- Opening Delimiter -
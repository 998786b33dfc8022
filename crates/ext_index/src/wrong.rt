// The first kept manifest that says other than the base has.
ghost use Rattle.std.specs.Prelude.{◌≡◌, ◌<◌, ◌+◌, ◌++◌, ◌↔◌, ℕ, if◌then◌else◌, length, take, IsTrue, MatchOption};
ghost use Rattle.std.specs.List.{AllByRecursion};
ghost use Rattle.ext_host.specs.Host.{base_at, hierarchies_in, is_in, merged_hierarchies, past_tree, present};
ghost use Rattle.ext_host.specs.Valid.{HasItems, IsManifest};
ghost use Rattle.ext_host.specs.declared.past.Past.{Past};
ghost use Rattle.ext_index_lines.specs.Out.{at_most_64_bits};
ghost use Rattle.ext_index.specs.Faulty.{AreRight, FindsWrong, IsFirstWrong, lines_to_kept, lines_to_past};
ghost use Rattle.ext_index.specs.Sections.{listed};

use crate::counting::{count_to_kept, count_to_past, head_count};
use crate::items::has_items;
use crate::sections::{Sections, sections_of_host, sections_of_past};
use ext_host::{Held, Host, Manifest, Past};
use ext_index_lines::TextNumber;
use ext_index_reader::is_in_class;
use ext_text::Path;
use ext_tree::Tree;

/// The first line of the first manifest that says other than the base has; `None` where there is none.
pub(crate) fn wrong_line(number: TextNumber, host: &Host) -> Option<u64>
    requires now { AllByRecursion IsManifest host.now.kept }
    requires past { AllByRecursion (λ (past : Past). AllByRecursion IsManifest past.kept) host.now.past }
    ensures { (g : ℕ) → FindsWrong number g host.now result }
{
    let sections = sections_of_host(host);
    match first_wrong(host, sections) {
        None => wrong_line_past(number, host),
        Some(index) => {
            let (before, _rest) = host.kept.as_slice().split_at(index);
            let lines = head_count(number, host).saturating_add(count_to_kept(sections, before));
            Some(lines.saturating_add(1))
        }
    }
}

// The line of the first such manifest of a past tree; `None` where there is none.
fn wrong_line_past(number: TextNumber, host: &Host) -> Option<u64>
    requires now { AreRight (hierarchies_in host.now) (present host.now) }
    requires past { AllByRecursion (λ (past : Past). AllByRecursion IsManifest past.kept) host.now.past }
    ensures { (g : ℕ) → FindsWrong number g host.now result }
{
    let pasts = host.past.as_slice();
    'pasts: for (at, past) in pasts.iter().enumerate() {
        if let Some(index) = first_wrong(host, sections_of_past(past)) {
            let (before, _rest) = pasts.split_at(at);
            return Some(line_in_past(number, host, before, past, index));
        }
    }
    None
}

// The line of the manifest with this index in a past tree; the past trees before it are these.
fn line_in_past(number: TextNumber, host: &Host, trees: &[Past], past: &Past, index: usize) -> u64
    requires { index < length past.now.kept }
    ensures { (g : ℕ) → result ≡ at_most_64_bits (length (lines_to_past number g host.now trees.now past.now
        ++ lines_to_kept (past_tree past.now) (take index past.now.kept)) + 1) }
{
    let (before, _rest) = past.kept.as_slice().split_at(index);
    count_to_past(number, host, trees)
        .saturating_add(count_to_kept(sections_of_past(past), before))
        .saturating_add(1)
}

// The index of the first manifest of a host, or of a past tree of it, that says other than the base has.
fn first_wrong(host: &Host, sections: Sections<'_>) -> Option<usize>
    requires { AllByRecursion IsManifest (listed sections).kept }
    ensures { MatchOption result
        (AreRight (hierarchies_in host.now) (listed sections.entry))
        (λ index. (index < length (listed sections.entry).kept)
        × IsFirstWrong (hierarchies_in host.now) (listed sections.entry) (take index (listed sections.entry).kept)) }
{
    'manifests: for (index, manifest) in sections.kept.as_slice().iter().enumerate() {
        if !is_right(host, sections, manifest) {
            return Some(index);
        }
    }
    None
}

// Whether a manifest says what the base has.
fn is_right(host: &Host, sections: Sections<'_>, manifest: &Manifest) -> bool
    requires { IsManifest manifest.now }
    ensures { IsTrue result ↔ HasItems (base_at (hierarchies_in host.now) (listed sections.entry)) manifest.now }
{
    has_items(base_around(host, sections, &manifest.path), manifest)
}

// The tree in which the base has what stands at and below a path, which is not the root.
fn base_around<'a>(host: &Host, sections: Sections<'a>, path: &Path) -> &'a Tree<Held>
    ensures { result.now ≡ (if is_in (merged_hierarchies (hierarchies_in host.now) (listed sections.entry)) path.now
        then (listed sections.entry).lower
        else (listed sections.entry).root) }
{
    if is_in_class(sections.sysext, &host.sysext_hier, path)
        || is_in_class(sections.confext, &host.confext_hier, path)
    {
        sections.lower
    } else {
        sections.root
    }
}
- Closing Delimiter -
* **PROBLEM TO SOLVE**: Nothing but the lines with "other" should be returned, copied from the entries above.

* **COMPLETED EXERCISE**:
// The first kept manifest that says other than the base has.
/// The first line of the first manifest that says other than the base has; `None` where there is none.
// The index of the first manifest of a host, or of a past tree of it, that says other than the base has.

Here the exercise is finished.